Mathivanan - Exosomes, secretome and systems biology
Our major research interests are in exploring the role of extracellular matrix components (soluble secreted proteins and extracellular vesicles) in cancer and intercellular communication.
Our lab integrates proteomic, genomic and bioinformatics methodologies to study cancer progression.
In addition to medical research, we are also interested in basic science projects including the biogenesis of exosomes and the role of exosomes in intercellular communication.
Research areas
Exosomes, secretome, cancer and systems biology
Our major research interests are in exploring the role of extracellular matrix components (soluble secreted proteins and extracellular vesicles) in cancer and intercellular communication. Our lab integrates proteomic, genomic and bioinformatics methodologies to study cancer progression. In addition to medical research, our lab is also interested in basic science projects including the biogenesis of exosomes and intercellular communication.
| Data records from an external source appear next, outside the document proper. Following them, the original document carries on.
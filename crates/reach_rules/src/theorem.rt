// The law of the account, which rests on the definitions alone.
ghost use Rattle.reach_rules.specs.Laws.{AccountedOrFlawed, NeverBoth};

/// A container is accounted, or a fault or a feature is present, and never both. It does nothing.
pub fn accounted_or_flawed()
    ensures either { AccountedOrFlawed }
    ensures never_both { NeverBoth }
{}
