//! Accounting: what a container's objects name, which blocks they own, and which are marked.
#![tactic(auto)]

mod fault;
mod naming;
mod owner;
mod theorem;

pub use fault::{ReachFault, Why};
pub use naming::{Expected, LookUp, Namer, Naming, Object, TreeKind, ViewAt};
pub use owner::{Owner, Who};
pub use theorem::accounted_or_flawed;
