// Owners: who owns which range of blocks.

use crate::naming::Naming;
use omap_map::OmapRecord;

/// Who owns.
#[derive(Clone, Copy, PartialEq, Eq, PartialOrd, Ord)]
pub enum Who {
    BlockZero,
    /// The checkpoint descriptor area.
    Descriptors,
    /// The checkpoint data area.
    Checkpoints,
    KeyLocker,
    MediaLocker,
    InternalPool,
    /// The ring of the pool's bitmaps.
    PoolRing,
    /// The object of a physical naming.
    Named(Naming),
    /// The record of the object map in a block.
    Recorded(u64, OmapRecord),
    /// The range of a place among those of which the object of a naming tells.
    Told(Naming, u64),
    /// The bitmap of a chunk.
    Bitmap(u64),
}

/// An owner, and its range. The first block comes first, since most owners are told apart by it alone.
#[derive(Clone, Copy, PartialEq, Eq, PartialOrd, Ord)]
pub struct Owner {
    pub first: u64,
    pub blocks: u64,
    pub who: Who,
}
Exosomes in the tumor microenvironment
Exosomes are 40-100 nm diameter membrane enclosed extracellular vesicles released by various cell types, including cancer cells. For tumors to progress, bidirectional crosstalk between different cells occurs within the tumor and its surrounding supporting tissue. A tumor can be considered as a complex tissue or organ with abnormal cells harbouring genetic mutations, typically referred to as tumor or cancer cells, enmeshed within the surrounding and interwoven stroma, the epithelial parenchyma, which provides the connective tissue of the tumor. Stromal elements include the extracellular matrix as well as other cell types that are activated and/or recruited to the tumor microenvironment such as fibroblasts, immune and inflammatory cells, fat cells and endothelial cells of the blood and lymphatic circulation. Recent literature indicated that all aspects of cellular tumorigenicity are profoundly influenced by reciprocal interactions between responding normal cells, their mediators, structural components of the extracellular matrix, and genetically altered neoplastic cells. Exosomes have recently been recognized as important mediators of the cross-talk in the tumor microenvironment. Exosomes derived from tumor cells have been shown to have both pro- and anti-tumorigenic properties. Our lab is interested in studying the role of exosomes in the tumor mivroenvironment.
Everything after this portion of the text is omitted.